• WORK TO BE COMPLETED
The records appear below. Report how many of their lines contain the word "these", giving the number alone.

---------- DATA SUPPLIED

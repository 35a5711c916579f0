//! Texts that run to their stops, with values from the rows of the table of instructions.
use crate::tests::slots::{EXIT, Fields, append_slot, append_slots, append_wide, text_of};
use data_parts::{Part, Parts};
use sbpf_machine::{Fault, Machine, Stop};
use sbpf_memory::Memory;
use sbpf_verify::{Verified, verify};
use sol_base::{Blob, Items, OutOfMemory};
use std::alloc::Global;
use std::sync::Arc;

/// An input of sixteen bytes of ones.
#[tactic(auto, unfolding(data_parts::specs::Parts::bytes_of))]
fn input_of(alloc: Global) -> Result<Parts, OutOfMemory> {
    let mut parts = Items::new(alloc);
    parts.push(Part::Bytes(Blob::from_slice(alloc, &[0xff; 16])?))?;
    Parts::from_items(alloc, parts)
}

/// A memory with that input, and neither program nor heap.
fn memory_of(alloc: Global) -> Result<Memory, OutOfMemory> {
    let image = Arc::new(alloc, Blob::new(alloc))?;
    Memory::new(alloc, image, 0, input_of(alloc)?)
}

/// A machine at the start of the program.
fn machine_of(alloc: Global, program: Verified, units: u64) -> Result<Machine, OutOfMemory> {
    let program = Arc::new(alloc, program)?;
    Machine::new(alloc, program, memory_of(alloc)?, units)
}

/// Whether the machine comes to this stop, is at it again, and has these units left.
fn comes_to(machine: &mut Machine, stop: Stop, left: u64) -> Result<bool, OutOfMemory> {
    let first = machine.run()?;
    let again = machine.run()?;
    Ok(first == stop && again == stop && machine.units() == left)
}

/// Whether the program runs to this stop, with so many units left of those given.
fn ends_with(
    alloc: Global,
    program: Verified,
    units: u64,
    stop: Stop,
    left: u64,
) -> Result<bool, OutOfMemory> {
    let mut machine = machine_of(alloc, program, units)?;
    comes_to(&mut machine, stop, left)
}

/// Whether the text runs so.
fn runs_to(
    alloc: Global,
    text: Blob,
    units: u64,
    stop: Stop,
    left: u64,
) -> Result<bool, OutOfMemory> {
    match verify(text) {
        Ok(program) => ends_with(alloc, program, units, stop, left),
        Err(_) => Ok(false),
    }
}

/// The start of a text: numbers in r0 and r2.
fn numbers(alloc: Global, r0: u64, r2: u64) -> Result<Blob, OutOfMemory> {
    let mut text = Blob::new(alloc);
    append_wide(&mut text, 0, r0)?;
    append_wide(&mut text, 2, r2)?;
    Ok(text)
}

/// The registers of an operation or a jump of r0: where its operand is a register, r2.
fn registers_of(opcode: u8) -> u8 {
    if opcode & 0x08 != 0 && opcode != 0xdc {
        0x20
    } else {
        0
    }
}

/// Operations: opcode, destination, source, immediate, and the destination then.
const OPERATIONS: &[(u8, u64, u64, i32, u64)] = &[
    (0x07, u64::MAX, 0, 1, 0),
    (0x0f, u64::MAX, u64::MAX, 0, 0xfffffffffffffffe),
    (0x04, u64::MAX, 0, 1, 0),
    (0x0c, 0xffffffff, 0xffffffff, 0, 0xfffffffe),
    (0x17, 0, 0, 1, u64::MAX),
    (0x1f, 1 << 63, 1, 0, 0x7fffffffffffffff),
    (0x14, 0, 0, 1, 0xffffffff),
    (0x1c, 0x80000000, 1, 0, 0x7fffffff),
    (0x27, u64::MAX, 0, -1, 1),
    (0x2f, 1 << 63, 3, 0, 1 << 63),
    (0x24, u64::MAX, 0, -1, 1),
    (0x2c, 0x80000000, 3, 0, 0x80000000),
    (0x37, u64::MAX, 0, -1, 1),
    (0x3f, 1 << 63, u64::MAX, 0, 0),
    (0x34, u64::MAX, 0, -1, 1),
    (0x3c, u64::MAX, 0x100000001, 0, 0xffffffff),
    (0x47, 1 << 63, 0, -1, u64::MAX),
    (0x4f, 1, 1 << 63, 0, 0x8000000000000001),
    (0x44, 0x80000000, 0, 1, 0x80000001),
    (0x4c, 1 << 63, 0x80000000, 0, 0x80000000),
    (0x57, u64::MAX, 0, -2, 0xfffffffffffffffe),
    (0x5f, u64::MAX, 1 << 63, 0, 1 << 63),
    (0x54, u64::MAX, 0, -2, 0xfffffffe),
    (0x5c, u64::MAX, 0x8000000080000000, 0, 0x80000000),
    (0x67, 1, 0, 63, 1 << 63),
    (0x6f, 1, 0x41, 0, 2),
    (0x64, 1, 0, 31, 0x80000000),
    (0x6c, 3, 0x21, 0, 6),
    (0x77, 1 << 63, 0, 63, 1),
    (0x7f, 1 << 63, 0x7f, 0, 1),
    (0x74, u64::MAX, 0, 31, 1),
    (0x7c, u64::MAX, 0x3f, 0, 1),
    (0x97, u64::MAX, 0, -2, 1),
    (0x9f, 1 << 63, u64::MAX, 0, 1 << 63),
    (0x94, u64::MAX, 0, -2, 1),
    (0x9c, 0x80000000, u64::MAX, 0, 0x80000000),
    (0xa7, u64::MAX, 0, -1, 0),
    (0xaf, 1 << 63, u64::MAX, 0, 0x7fffffffffffffff),
    (0xa4, u64::MAX, 0, -1, 0),
    (0xac, 1 << 63, 0xffffffff, 0, 0xffffffff),
    (0xb7, 1, 0, -1, u64::MAX),
    (0xbf, 0, 1 << 63, 0, 1 << 63),
    (0xb4, 1, 0, -1, 0xffffffff),
    (0xbc, 0, u64::MAX, 0, 0xffffffff),
    (0xc7, 1 << 63, 0, 63, u64::MAX),
    (0xcf, 1 << 63, 0x7e, 0, 0xfffffffffffffffe),
    (0xc4, 0x80000000, 0, 31, 0xffffffff),
    (0xcc, 0x8000000080000000, 0x3e, 0, 0xfffffffe),
    (0x87, 1, 0, 0, u64::MAX),
    (0x84, u64::MAX, 0, 0, 1),
    (0xd4, 0x8877665544332211, 0, 16, 0x2211),
    (0xd4, 0x8877665544332211, 0, 32, 0x44332211),
    (0xd4, 0x8877665544332211, 0, 64, 0x8877665544332211),
    (0xdc, 0x8877665544332211, 0, 16, 0x1122),
    (0xdc, 0x8877665544332211, 0, 32, 0x11223344),
    (0xdc, 0x8877665544332211, 0, 64, 0x1122334455667788),
];

/// The text of an operation.
fn operation(alloc: Global, opcode: u8, d: u64, s: u64, imm: i32) -> Result<Blob, OutOfMemory> {
    let mut text = numbers(alloc, d, s)?;
    append_slots(&mut text, &[(opcode, registers_of(opcode), 0, imm), EXIT])?;
    Ok(text)
}

/// Whether an operation gives this value.
fn operates(
    alloc: Global,
    (opcode, d, s, imm, r0): (u8, u64, u64, i32, u64),
) -> Result<bool, OutOfMemory> {
    let text = operation(alloc, opcode, d, s, imm)?;
    runs_to(alloc, text, 10, Stop::Exit { r0 }, 6)
}

#[test]
fn operations_have_their_values(rt: HostRuntime) {
    for row in OPERATIONS {
        assert!(rt; operates(rt.alloc(), *row) == Ok(true));
    }
}

/// Jumps: opcode, destination, source, immediate, and whether the jump is taken.
const JUMPS: &[(u8, u64, u64, i32, bool)] = &[
    (0x05, 0, 0, 0, true),
    (0x15, u64::MAX, 0, -1, true),
    (0x1d, 0, u64::MAX, 0, false),
    (0x55, 1, 0, -1, true),
    (0x5d, 1 << 63, 1 << 63, 0, false),
    (0x25, u64::MAX, 0, 1, true),
    (0x2d, 1, 1 << 63, 0, false),
    (0x35, 0, 0, 0, true),
    (0x3d, 1, 1 << 63, 0, false),
    (0xa5, 0, 0, -1, true),
    (0xad, 1 << 63, 1, 0, false),
    (0xb5, 1, 0, 1, true),
    (0xbd, u64::MAX, 0, 0, false),
    (0x45, 1 << 63, 0, -1, true),
    (0x4d, 1, 1 << 63, 0, false),
    (0x65, 0, 0, -1, true),
    (0x6d, 1 << 63, 1, 0, false),
    (0x75, u64::MAX, 0, -1, true),
    (0x7d, 1 << 63, 0, 0, false),
    (0xc5, u64::MAX, 0, 0, true),
    (0xcd, 1, 1 << 63, 0, false),
    (0xd5, 1 << 63, 0, 0, true),
    (0xdd, 0, u64::MAX, 0, false),
    (0x15, 1, 0, 0, false),
    (0x55, 1, 0, 1, false),
    (0x25, 1, 0, 1, false),
    (0x35, 0, 0, 1, false),
    (0xa5, 1, 0, 1, false),
    (0xb5, 1, 0, 0, false),
    (0x45, 2, 0, 1, false),
    (0x65, 1, 0, 1, false),
    (0x75, 1 << 63, 0, 1, false),
    (0xc5, 1, 0, 1, false),
    (0xd5, 1, 0, 0, false),
];

/// What is behind a jump: the end with 0, and the end with 1 where it is taken.
const ENDS: [Fields; 4] = [(0xb7, 0, 0, 0), EXIT, (0xb7, 0, 0, 1), EXIT];

/// The text of a jump.
fn jump(alloc: Global, opcode: u8, d: u64, s: u64, imm: i32) -> Result<Blob, OutOfMemory> {
    let mut text = numbers(alloc, d, s)?;
    append_slot(&mut text, (opcode, registers_of(opcode), 2, imm))?;
    append_slots(&mut text, &ENDS)?;
    Ok(text)
}

/// Whether a jump is taken, or is not.
fn jumps(
    alloc: Global,
    (opcode, d, s, imm, taken): (u8, u64, u64, i32, bool),
) -> Result<bool, OutOfMemory> {
    let text = jump(alloc, opcode, d, s, imm)?;
    let r0 = u64::from(taken);
    runs_to(alloc, text, 10, Stop::Exit { r0 }, 5)
}

#[test]
fn jumps_are_taken_or_not(rt: HostRuntime) {
    for row in JUMPS {
        assert!(rt; jumps(rt.alloc(), *row) == Ok(true));
    }
}

/// Leaves r0 as it is.
const SAME: Fields = (0xbf, 0, 0, 0);

/// Loads the eight bytes at the place into r0.
const LOAD: Fields = (0x79, 0x10, 8, 0);

/// Loads and stores of an input of ones: what r2 holds, the instruction and the next one, and the
/// eight bytes at the place then, or those that a load gives.
const MOVES: &[(u64, &[Fields], u64)] = &[
    (0, &[(0x71, 0x10, 8, 0), SAME, EXIT], 0xff),
    (0, &[(0x69, 0x10, 8, 0), SAME, EXIT], 0xffff),
    (0, &[(0x61, 0x10, 8, 0), SAME, EXIT], 0xffff_ffff),
    (0, &[(0x79, 0x10, 8, 0), SAME, EXIT], u64::MAX),
    (
        0,
        &[(0x72, 0x01, 8, 0x1234_5601), LOAD, EXIT],
        0xffff_ffff_ffff_ff01,
    ),
    (
        0,
        &[(0x6a, 0x01, 8, 0x1234_8001), LOAD, EXIT],
        0xffff_ffff_ffff_8001,
    ),
    (0, &[(0x62, 0x01, 8, 1), LOAD, EXIT], 0xffff_ffff_0000_0001),
    (
        0,
        &[(0x7a, 0x01, 8, i32::MIN), LOAD, EXIT],
        0xffff_ffff_8000_0000,
    ),
    (
        0x1122_3344_5566_7700,
        &[(0x73, 0x21, 8, 0), LOAD, EXIT],
        0xffff_ffff_ffff_ff00,
    ),
    (
        0x1122_3344_5566_0080,
        &[(0x6b, 0x21, 8, 0), LOAD, EXIT],
        0xffff_ffff_ffff_0080,
    ),
    (
        0x1122_3344_8000_0000,
        &[(0x63, 0x21, 8, 0), LOAD, EXIT],
        0xffff_ffff_8000_0000,
    ),
    (1 << 63, &[(0x7b, 0x21, 8, 0), LOAD, EXIT], 1 << 63),
];

/// The text of a load or a store.
fn moving(alloc: Global, r2: u64, slots: &[Fields]) -> Result<Blob, OutOfMemory> {
    let mut text = Blob::new(alloc);
    append_wide(&mut text, 2, r2)?;
    append_slots(&mut text, slots)?;
    Ok(text)
}

/// Whether a load or a store gives these bytes.
fn moves(alloc: Global, r2: u64, slots: &[Fields], r0: u64) -> Result<bool, OutOfMemory> {
    let text = moving(alloc, r2, slots)?;
    runs_to(alloc, text, 10, Stop::Exit { r0 }, 6)
}

#[test]
fn loads_and_stores_move_their_bytes(rt: HostRuntime) {
    for (r2, slots, r0) in MOVES {
        assert!(rt; moves(rt.alloc(), *r2, slots, *r0) == Ok(true));
    }
}

/// Texts with what they stop for, and the units then left of a thousand.
const STOPS: &[(&[Fields], Stop, u64)] = &[
    // a division by a register of 0
    (
        &[(0x9f, 0x20, 0, 0), EXIT],
        Stop::Fault(Fault::DivideByZero),
        999,
    ),
    // and one of class 4 by a register whose low half is 0
    (
        &[(0x18, 2, 0, 0), (0, 0, 0, 1), (0x3c, 0x20, 0, 0), EXIT],
        Stop::Fault(Fault::DivideByZero),
        998,
    ),
    // a wide number alone
    (
        &[(0x18, 0, 0, 1), (0, 0, 0, 2), EXIT],
        Stop::Exit { r0: 8_589_934_593 },
        998,
    ),
    // an endless loop
    (&[(0x05, 0, -1, 0)], Stop::Fault(Fault::UnitsSpent), 0),
    // an endless recursion
    (
        &[(0x85, 0x10, 0, -1), EXIT],
        Stop::Fault(Fault::CallDepth),
        936,
    ),
    // a store into the program
    (
        &[(0x18, 2, 0, 0), (0, 0, 0, 1), (0x72, 2, 0, 7), EXIT],
        Stop::Fault(Fault::AccessViolation {
            addr: 0x1_0000_0000,
            len: 1,
            write: true,
        }),
        998,
    ),
    // a call to the second half of `lddw`
    (
        &[(0x18, 3, 0, 8), (0, 0, 0, 1), (0x8d, 0, 0, 3), EXIT],
        Stop::Fault(Fault::BadCallTarget {
            value: 0x1_0000_0008,
        }),
        998,
    ),
    // a call through a register, whose function keeps r9 and r10 for its caller
    (
        &[
            (0xb7, 9, 0, 5),
            (0x18, 3, 0, 0x40),
            (0, 0, 0, 1),
            (0x8d, 0, 0, 3),
            (0xbf, 0xa0, 0, 0),
            (0x1f, 0x40, 0, 0),
            (0x0f, 0x90, 0, 0),
            EXIT,
            (0xb7, 9, 0, 1),
            (0xbf, 0xa4, 0, 0),
            EXIT,
        ],
        Stop::Exit {
            r0: u64::MAX - 8186,
        },
        990,
    ),
];

/// A call of the function that it is in.
const RECURSION: [Fields; 2] = [(0x85, 0x10, 0, -1), EXIT];

/// Whether the text of slots runs to this stop, with so many units left of those given.
fn stops(
    alloc: Global,
    slots: &[Fields],
    units: u64,
    stop: Stop,
    left: u64,
) -> Result<bool, OutOfMemory> {
    let text = text_of(alloc, slots)?;
    runs_to(alloc, text, units, stop, left)
}

#[test]
fn texts_run_to_their_stops(rt: HostRuntime) {
    for (slots, stop, left) in STOPS {
        assert!(rt; stops(rt.alloc(), slots, 1000, *stop, *left) == Ok(true));
    }
    let spent = Stop::Fault(Fault::UnitsSpent);
    assert!(rt; stops(rt.alloc(), &RECURSION, 10, spent, 0) == Ok(true));
}

/// The first address of the input.
const INPUT: u64 = 0x4_0000_0000;

/// A system call of number 16, whose answer is raised by one.
const CALL: [Fields; 4] = [(0xb7, 5, 0, 9), (0x85, 0, 0, 16), (0x07, 0, 0, 1), EXIT];

/// Whether the machine has the arguments of the call, and its input.
fn has_arguments(machine: &Machine) -> bool {
    machine.arguments() == [INPUT, 0, 0, 0, 9] && machine.memory().input().len() == 16
}

/// Whether a byte of the input is set.
fn is_set(memory: &mut Memory) -> bool {
    memory.store(INPUT, 1, 0).is_ok()
}

/// Whether the machine keeps a byte of its input that is set.
fn keeps_byte(machine: &mut Machine) -> bool {
    is_set(machine.memory_mut()) && machine.memory().load(INPUT, 2) == Ok(0xff00)
}

/// Whether the machine is at a system call, which is then answered.
fn is_answered(machine: &mut Machine) -> Result<bool, OutOfMemory> {
    match machine.run()? {
        Stop::Helper { number: _ } => {
            machine.resume(41);
            Ok(true)
        }
        _ => Ok(false),
    }
}

/// Whether the machine has fifty units once the others are taken away.
fn gives_units(machine: &mut Machine) -> bool {
    if machine.units() < 50 {
        return false;
    }
    machine.set_units(50);
    machine.units() == 50
}

/// Whether the machine stops for the call, and goes on with its answer.
fn calls(machine: &mut Machine) -> Result<bool, OutOfMemory> {
    Ok(
        comes_to(machine, Stop::Helper { number: 16 }, 98)?
            && has_arguments(machine)
            && keeps_byte(machine)
            && is_answered(machine)?
            && comes_to(machine, Stop::Exit { r0: 42 }, 96)?
            && gives_units(machine),
    )
}

/// Whether a machine over the program stops for the call, and goes on with its result.
fn program_calls(alloc: Global, program: Verified) -> Result<bool, OutOfMemory> {
    let mut machine = machine_of(alloc, program, 100)?;
    calls(&mut machine)
}

/// Whether a machine over the text stops for the call, and goes on with its result.
fn text_calls(alloc: Global) -> Result<bool, OutOfMemory> {
    match verify(text_of(alloc, &CALL)?) {
        Ok(program) => program_calls(alloc, program),
        Err(_) => Ok(false),
    }
}

#[test]
fn a_system_call_is_answered(rt: HostRuntime) {
    assert!(rt; text_calls(rt.alloc()) == Ok(true));
}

--------------------

• SOLUTION TO THE EXERCISE
2